Saved data entries
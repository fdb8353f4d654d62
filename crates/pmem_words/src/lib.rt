//! Decides what a seat keeps, and how a call on shared words is made of steps: a machine asks, and is told one answer an ask.
#![tactic(auto)]

mod keeps;
mod leaving;
mod lists;
mod machine;
mod memory;
mod owned;
#[cfg(test)]
mod owned_tests;
mod plain;
mod seat;
#[cfg(test)]
mod seat_tests;
#[cfg(test)]
mod tests;
mod written;

pub use asks::{Ask, Place};
pub use keeps::{GiveFrom, KeptWord, Task};
pub use machine::{Machine, Turn, drive};
pub use memory::Memory;
pub use owned::{OwnedBlock, OwnedBlocks};
pub use plain::Plain;
pub use seat::SeatState;
pub use written::Written;

/// The numbers of seats are below it.
pub const SEATS: usize = 16;

/// How many bytes one call writes or reads at most.
pub const JOB_BYTES: usize = 1_048_576;

/// How many blocks an image has at most.
pub const BLOCKS: usize = 65_535;
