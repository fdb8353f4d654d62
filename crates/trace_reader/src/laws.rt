//! Laws of reading, each the contract of a function that does nothing, and worked rows.

ghost use Rattle.trace_reader.specs.Laws.{OneReading, PrintedIsRead, FormsAreTheirFields, FirstIsRefused};
ghost use Rattle.trace_reader.specs.Generator.{GeneratedAreRead};
ghost use Rattle.trace_reader.specs.Rows.{TwoLines, OtherLines, TwoLinesRead, ByHandRead, NothingRead, OddDigits, OtherSeat, LongRead, OtherOperation};

/// Bytes have at most one answer, and what is printed of a trace has that trace as its answer. A refusal is that of the first bad line, and
/// a form is told by its fields.
pub fn law_readings()
    ensures one_reading { OneReading }
    ensures printed_is_read { PrintedIsRead }
    ensures first_is_refused { FirstIsRefused }
    ensures forms { FormsAreTheirFields }
{}

/// What is printed of generated jobs is read as them.
pub fn law_generated()
    ensures { GeneratedAreRead }
{}

/// Worked traces: what is printed of jobs, what bytes are read as, and lines that are refused.
pub fn law_rows()
    ensures two_lines { TwoLines }
    ensures other_lines { OtherLines }
    ensures two_lines_read { TwoLinesRead }
    ensures by_hand_read { ByHandRead }
    ensures nothing_read { NothingRead }
    ensures odd_digits { OddDigits }
    ensures other_seat { OtherSeat }
    ensures long_read { LongRead }
    ensures other_operation { OtherOperation }
{}
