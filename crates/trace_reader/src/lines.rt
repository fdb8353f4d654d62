//! A line of a trace: its form, and the call that it asks.

ghost use Rattle.std.specs.Prelude.{◌≡◌, ◌⊎◌, Option, Some, None, Ok, MatchOption, IfOk, IfErr};
ghost use Rattle.log_entry.specs.Text.{number_of};
ghost use Rattle.trace_reader.specs.Lines.{fields_of};
ghost use Rattle.trace_reader.specs.Calls.{bare_form as bare_form_of, short_form as short_form_of, long_form as long_form_of, form_of, bytes_of, op_of, line_call, IsRefusal};
ghost use Rattle.trace_reader.specs.Texts.{texts_of};

use crate::digits::read_bytes;
use crate::fields::next_field;
use crate::refusals::{BadTrace, TraceRefusal};
use log_entry::text::read_number;
use log_entry::{Blob, Op};
use std::alloc::Global;

/// The most bytes that one call may read.
const MAX_READ: u64 = 1_048_576;

/// The texts of a call, by its operation.
#[derive(Clone, Copy)]
pub enum Form<'a> {
    Pwrite { offset: &'a [u8], bytes: &'a [u8] },
    Append { bytes: &'a [u8] },
    Pread { offset: &'a [u8], length: &'a [u8] },
    Size,
    Sync,
    Collect,
}

/// A call that a line asks of a seat.
#[derive(Drop)]
pub struct SeatCall {
    pub seat: u8,
    pub op: Op,
}

/// The call that the line of this number asks of a seat below `seats`, or why it asks none: it is passed over where it has no field, or
/// its first field begins with a number sign. The checks come in this order: its form, its seat, its numbers, its bytes.
pub fn read_line(
    alloc: Global,
    text: &[u8],
    line: u64,
    seats: u8,
) -> Result<Option<SeatCall>, TraceRefusal>
    ensures call { IfOk result (λ call. line_call seats line (fields_of text.now) ≡ Ok call) }
    ensures refused { IfErr result (IsRefusal (line_call seats line (fields_of text.now))) }
{
    let Some((seat, words)) = next_field(text) else {
        return Ok(None);
    };
    if seat[0] == b'#' {
        return Ok(None);
    }
    let Some(form) = read_form(words) else {
        return Err(TraceRefusal::Bad(BadTrace::BadLine { line }));
    };
    let Some(seat) = read_number(seat) else {
        return Err(TraceRefusal::Bad(BadTrace::BadNumber { line }));
    };
    if seat >= u64::from(seats) {
        return Err(TraceRefusal::Bad(BadTrace::BadSeat { line, seat }));
    }
    let op = read_op(alloc, form, line)?;
    Ok(Some(SeatCall {
        seat: seat as u8,
        op,
    }))
}

/// The form whose fields a text has: a word and its operands. None where they are no form's.
fn read_form(text: &[u8]) -> Option<Form<'_>>
    ensures { MatchOption result (form_of (fields_of text.now) ≡ None) (λ form. form_of (fields_of text.now) ≡ Some (texts_of form)) }
{
    let Some((word, rest)) = next_field(text) else {
        return None;
    };
    let Some((first, rest)) = next_field(rest) else {
        return bare_form(word);
    };
    let Some((second, rest)) = next_field(rest) else {
        return short_form(word, first);
    };
    if next_field(rest).is_some() {
        return None;
    }
    long_form(word, first, second)
}

/// The form of a word alone.
fn bare_form(word: &[u8]) -> Option<Form<'_>>
    ensures { MatchOption result (bare_form_of word.now ≡ None) (λ form. bare_form_of word.now ≡ Some (texts_of form)) }
{
    if word == b"size".as_slice() {
        return Some(Form::Size);
    }
    if word == b"sync".as_slice() {
        return Some(Form::Sync);
    }
    if word == b"collect".as_slice() {
        return Some(Form::Collect);
    }
    None
}

/// The form of a word and one operand.
fn short_form<'a>(word: &[u8], bytes: &'a [u8]) -> Option<Form<'a>>
    ensures { MatchOption result (short_form_of word.now bytes.now ≡ None) (λ form. short_form_of word.now bytes.now ≡ Some (texts_of form)) }
{
    if word == b"append".as_slice() {
        return Some(Form::Append { bytes });
    }
    None
}

/// The form of a word and two operands.
fn long_form<'a>(word: &[u8], offset: &'a [u8], last: &'a [u8]) -> Option<Form<'a>>
    ensures { MatchOption result (long_form_of word.now offset.now last.now ≡ None) (λ form. long_form_of word.now offset.now last.now ≡ Some (texts_of form)) }
{
    if word == b"pwrite".as_slice() {
        return Some(Form::Pwrite {
            offset,
            bytes: last,
        });
    }
    if word == b"pread".as_slice() {
        return Some(Form::Pread {
            offset,
            length: last,
        });
    }
    None
}

/// The operation of a form, on the line of this number.
fn read_op(alloc: Global, form: Form<'_>, line: u64) -> Result<Op, TraceRefusal>
    ensures op { IfOk result (λ op. op_of line (texts_of form.entry) ≡ Ok op) }
    ensures refused { IfErr result (IsRefusal (op_of line (texts_of form.entry))) }
{
    match form {
        Form::Pwrite { offset, bytes } => {
            let offset = number_at(offset, line)?;
            let bytes = bytes_at(alloc, bytes, line)?;
            Ok(Op::Pwrite { offset, bytes })
        }
        Form::Append { bytes } => {
            let bytes = bytes_at(alloc, bytes, line)?;
            Ok(Op::Append { bytes })
        }
        Form::Pread { offset, length } => {
            let offset = number_at(offset, line)?;
            let length = number_at(length, line)?;
            if length > MAX_READ {
                return Err(TraceRefusal::Bad(BadTrace::BadNumber { line }));
            }
            Ok(Op::Pread { offset, length })
        }
        Form::Size => Ok(Op::Size),
        Form::Sync => Ok(Op::Sync),
        Form::Collect => Ok(Op::Collect),
    }
}

/// The number that a text is, on the line of this number.
fn number_at(text: &[u8], line: u64) -> Result<u64, TraceRefusal>
    ensures number { IfOk result (λ number. number_of text.now ≡ Some number) }
    ensures refused { IfErr result (λ why. (number_of text.now ≡ None) × (why ≡ TraceRefusal.Bad (BadTrace.BadNumber line))) }
{
    match read_number(text) {
        Some(number) => Ok(number),
        None => Err(TraceRefusal::Bad(BadTrace::BadNumber { line })),
    }
}

/// The bytes that a text is, on the line of this number.
fn bytes_at(alloc: Global, text: &[u8], line: u64) -> Result<Blob, TraceRefusal>
    ensures bytes { IfOk result (λ bytes. bytes_of text.now ≡ Some bytes) }
    ensures refused { IfErr result (λ why. (why ≡ TraceRefusal.NoMemory) ⊎ ((bytes_of text.now ≡ None) × (why ≡ TraceRefusal.Bad (BadTrace.BadHex line)))) }
{
    match read_bytes(alloc, text) {
        Ok(Some(bytes)) => Ok(bytes),
        Ok(None) => Err(TraceRefusal::Bad(BadTrace::BadHex { line })),
        Err(_) => Err(TraceRefusal::NoMemory),
    }
}
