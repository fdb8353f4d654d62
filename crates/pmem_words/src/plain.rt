//! A memory over vectors, for one seat alone.

ghost use Rattle.std.specs.Prelude.{◌≡◌, IfOk, replicate};
ghost use Rattle.pmem_words.specs.declared.TheConstants.{SEATS};

use crate::SEATS;
use crate::memory::Memory;
use crate::seat::SeatState;
use asks::{Ask, Place};
use std::alloc::{AllocError, Global};
use std::marker::Model;

/// The words of an image, of its bitmap, and sixteen pin words.
#[derive(Drop)]
pub struct Plain {
    words: Vec<u64>,
    taken: Vec<u64>,
    pins: Vec<u64>,
}

impl Model for Plain {
    ghost use Rattle.std.specs.Prelude.{◌≡◌, vec_len};
    ghost use Rattle.asks.specs.SharedWords.{SharedWords};
    ghost use Rattle.pmem_words.specs.declared.TheConstants.{SEATS};

    ghost Value = { SharedWords };

    ghost view = { λ p. record { words = p.words.items; taken = p.taken.items; pins = p.pins.items } };

    ghost invariant = { λ p. vec_len p.pins ≡ SEATS };
}

impl Plain {
    ghost use Rattle.asks.specs.SharedWords.{word_at, with_word, HasWord};

    /// A memory of these image words and these words of the bitmap. All pin words are 0.
    pub fn new(alloc: Global, words: Vec<u64>, taken: Vec<u64>) -> Result<Plain, AllocError>
        ensures { IfOk result (λ plain. plain ≡ record { words = words.items; taken = taken.items; pins = replicate SEATS 0 }) }
    {
        let pins = vec![in alloc; 0u64; SEATS]?;
        Ok(Plain { words, taken, pins })
    }

    /// The image words and the words of the bitmap.
    pub fn into_parts(self) -> (Vec<u64>, Vec<u64>)
        ensures words { result.0.items ≡ self.words }
        ensures taken { result.1.items ≡ self.taken }
    {
        (self.words, self.taken)
    }

    #[inline(always)]
    fn word(&self, place: Place) -> u64
        requires { HasWord SEATS self.now place }
        ensures { result ≡ word_at self.now place }
    {
        match place {
            Place::Image(word) => self.words[word as usize],
            Place::Pin(seat) => self.pins[seat as usize],
            Place::Map(word) => self.taken[word as usize],
            Place::FenceOf(_) => 0,
        }
    }

    #[inline(always)]
    fn set_word(&mut self, place: Place, value: u64)
        requires { HasWord SEATS self.old place }
        ensures { self.new ≡ with_word self.old place value }
    {
        match place {
            Place::Image(word) => self.words[word as usize] = value,
            Place::Pin(seat) => self.pins[seat as usize] = value,
            Place::Map(word) => self.taken[word as usize] = value,
            Place::FenceOf(_) => {}
        }
    }
}

impl Memory for Plain {
    ghost use Rattle.pmem_words.specs.PlainWords.{plain};

    ghost store = { plain };

    #[inline(always)]
    fn perform(&mut self, _seat: &SeatState, ask: Ask) -> u64 {
        match ask {
            Ask::Load(Place::FenceOf(_)) => 0,
            Ask::Load(place) => self.word(place),
            Ask::Store(place, value) => {
                self.set_word(place, value);
                0
            }
            Ask::Exchange { place, old, new } => {
                let found = self.word(place);
                if found == old {
                    self.set_word(place, new);
                }
                found
            }
            Ask::SetBits(place, bits) => {
                let found = self.word(place);
                self.set_word(place, found | bits);
                found
            }
            Ask::ClearBits(place, bits) => {
                let found = self.word(place);
                self.set_word(place, found & !bits);
                found
            }
            Ask::Mark(word) => self.words[word as usize],
            Ask::Fence => 0,
        }
    }
}
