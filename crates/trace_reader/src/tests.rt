//! What no clause says: that reading and printing succeed, on texts from outside.

use super::*;
use log_entry::{Blob, Job, Op};
use std::test::Fail;

/// Why a text is refused for two seats, if it is refused for a line.
fn refusal(rt: &HostRuntime, text: &[u8]) -> Option<BadTrace> {
    match read_trace(rt.alloc(), text, 2) {
        Err(TraceRefusal::Bad(why)) => Some(why),
        _ => None,
    }
}

fn is_write(op: &Op, at: u64, content: &[u8]) -> bool {
    match op {
        Op::Pwrite { offset, bytes } => *offset == at && bytes.bytes() == content,
        _ => false,
    }
}

fn is_read(op: &Op, at: u64, count: u64) -> bool {
    match op {
        Op::Pread { offset, length } => *offset == at && *length == count,
        _ => false,
    }
}

fn is_place(job: &Job, line: u64, seat: u8, number: u32) -> bool {
    job.line == line && job.seat == seat && job.number == number
}

#[test]
fn numbers_each_seat(rt: HostRuntime) -> Result<(), Fail> {
    let jobs = read_trace(
        rt.alloc(),
        b"1 pread 0 1\n0 pwrite 18446744073709551615 -\n1 pread 0 1048576\n",
        2,
    )?;
    assert_eq!(rt; jobs.len(), 3);
    assert!(rt; is_place(&jobs[0], 1, 1, 1));
    assert!(rt;
        is_place(&jobs[1], 2, 0, 1) && is_write(&jobs[1].op, 18_446_744_073_709_551_615, b"")
    );
    assert!(rt; is_place(&jobs[2], 3, 1, 2) && is_read(&jobs[2].op, 0, 1_048_576));
    Ok(())
}

/// Lines as a person writes them: a comment with any bytes, an empty line, blanks, a carriage return, leading zeros, digits of either case,
/// and a last line without its newline.
#[test]
fn reads_lines_by_hand(rt: HostRuntime) -> Result<(), Fail> {
    let text =
        b"# a comment\xff\n\n \t\n #x\n 01\tpwrite  007 aB0C \r\n1 append FF\n0 pread 0 10\n1 size\n0 sync\r\n1 collect";
    let jobs = read_trace(rt.alloc(), text, 2)?;
    assert_eq!(rt; jobs.len(), 6);
    assert!(rt; is_place(&jobs[0], 5, 1, 1) && is_write(&jobs[0].op, 7, b"\xab\x0c"));
    assert!(rt; is_place(&jobs[1], 6, 1, 2));
    assert!(rt; is_place(&jobs[2], 7, 0, 1) && is_read(&jobs[2].op, 0, 10));
    assert!(rt; is_place(&jobs[5], 10, 1, 4));
    let text = print_trace(rt.alloc(), &jobs)?;
    assert!(rt;
        text.as_slice()
            == b"1 pwrite 7 ab0c\n1 append ff\n0 pread 0 10\n1 size\n0 sync\n1 collect\n".as_slice()
    );
    Ok(())
}

/// Each kind of refusal at the first line, in the middle, and twice.
#[test]
fn refuses_the_first_bad_line(rt: HostRuntime) -> Result<(), Fail> {
    let line = 2;
    let lines: [(&[u8], BadTrace); 18] = [
        (b"0 fsync", BadTrace::BadLine { line }),
        (b"x", BadTrace::BadLine { line }),
        (b"x size 1", BadTrace::BadLine { line }),
        (b"0 pread 0", BadTrace::BadLine { line }),
        (b"0 pread 0 1 1", BadTrace::BadLine { line }),
        (b"0 append", BadTrace::BadLine { line }),
        (b"0 si\rze", BadTrace::BadLine { line }),
        (b"\r\r", BadTrace::BadLine { line }),
        (b"x size", BadTrace::BadNumber { line }),
        (
            b"18446744073709551616 pwrite x x",
            BadTrace::BadNumber { line },
        ),
        (b"2 pwrite x x", BadTrace::BadSeat { line, seat: 2 }),
        (
            b"18446744073709551615 size",
            BadTrace::BadSeat {
                line,
                seat: u64::MAX,
            },
        ),
        (
            b"0 pwrite 18446744073709551616 x",
            BadTrace::BadNumber { line },
        ),
        (b"0 pread -1 x", BadTrace::BadNumber { line }),
        (b"0 pread 0 1048577", BadTrace::BadNumber { line }),
        (b"0 pwrite 0 abc", BadTrace::BadHex { line }),
        (b"0 append 0g", BadTrace::BadHex { line }),
        (b"0 append --", BadTrace::BadHex { line }),
    ];
    for (bad, why) in lines {
        let mut text = Vec::from_slice(rt.alloc(), b"# first\n")?;
        text.extend_from_slice(bad)?;
        text.extend_from_slice(b"\r\n")?;
        assert!(rt; refusal(&rt, &text) == Some(why));
        text.extend_from_slice(b"0 size\n0 fsync\n")?;
        assert!(rt; refusal(&rt, &text) == Some(why));
        text.extend_from_slice(bad)?;
        assert!(rt; refusal(&rt, &text) == Some(why));
    }
    Ok(())
}

/// At the first line, too; and a carriage return at the end of a text ends no line.
#[test]
fn refuses_the_first_line(rt: HostRuntime) {
    assert!(rt; refusal(&rt, b"0 append x") == Some(BadTrace::BadHex { line: 1 }));
    assert!(rt; refusal(&rt, b"0 size\r") == Some(BadTrace::BadLine { line: 1 }));
    assert!(rt; refusal(&rt, b"0 append ab\r") == Some(BadTrace::BadHex { line: 1 }));
    assert!(rt; refusal(&rt, b"0 append ab\r\n").is_none());
}

#[test]
fn bounds_the_reads(rt: HostRuntime) -> Result<(), Fail> {
    let mut text = Vec::new(rt.alloc());
    for _ in 0..256 {
        text.extend_from_slice(b"1 pread 0 1048576\n")?;
    }
    assert!(rt; refusal(&rt, &text).is_none());
    text.extend_from_slice(b"0 append ab\n0 pread 0 0\n0 pread 0 1\n1 fsync\n0 pread 0 1\n")?;
    assert!(rt; refusal(&rt, &text) == Some(BadTrace::TooMuch { line: 259 }));
    Ok(())
}

#[test]
fn bounds_the_bytes(rt: HostRuntime) -> Result<(), Fail> {
    let text = vec![in rt.alloc(); b'#'; 67_108_865]?;
    assert!(rt; refusal(&rt, &text) == Some(BadTrace::TooLong));
    assert!(rt; refusal(&rt, &text[1..]).is_none());
    Ok(())
}

/// Work of ordinary size, printed, read, printed and read again.
#[test]
fn reads_work_from_a_number(rt: HostRuntime) -> Result<(), Fail> {
    let alloc = rt.alloc();
    let jobs = generate(alloc, 7, 4, 8000)?;
    let text = print_trace(alloc, &jobs)?;
    let read = read_trace(alloc, &text, 4)?;
    let again = print_trace(alloc, &read)?;
    assert!(rt; again.as_slice() == text.as_slice());
    let last = read_trace(alloc, &again, 4)?;
    assert_eq!(rt; last.len(), 8000);
    assert_eq!(rt; read.len(), 8000);
    for (job, other) in last.iter().zip(jobs.iter()) {
        assert!(rt; is_place(job, other.line, other.seat, other.number));
    }
    Ok(())
}

fn asks(line: u64, op: Op) -> Job {
    Job {
        line,
        seat: 0,
        number: 1,
        op,
    }
}

#[test]
fn prints_each_operation(rt: HostRuntime) -> Result<(), Fail> {
    let alloc = rt.alloc();
    let mut jobs = Vec::new(alloc);
    let bytes = Blob::new(Vec::from_slice(alloc, b"abc")?);
    jobs.push(asks(1, Op::Pwrite { offset: 7, bytes }))?;
    let bytes = Blob::new(Vec::new(alloc));
    jobs.push(asks(2, Op::Append { bytes }))?;
    jobs.push(asks(
        3,
        Op::Pread {
            offset: 0,
            length: 10,
        },
    ))?;
    jobs.push(asks(4, Op::Size))?;
    jobs.push(asks(5, Op::Sync))?;
    jobs.push(asks(6, Op::Collect))?;
    let text = print_trace(alloc, &jobs)?;
    assert!(rt;
        text.as_slice()
            == b"0 pwrite 7 616263\n0 append -\n0 pread 0 10\n0 size\n0 sync\n0 collect\n".as_slice()
    );
    Ok(())
}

» **YOUR OBJECTIVE**
Go through the lines above and copy any that contain "carriage".

» **OUTPUT OF THE EXERCISE**
/// Lines as a person writes them: a comment with any bytes, an empty line, blanks, a carriage return, leading zeros, digits of either case,
/// At the first line, too; and a carriage return at the end of a text ends no line.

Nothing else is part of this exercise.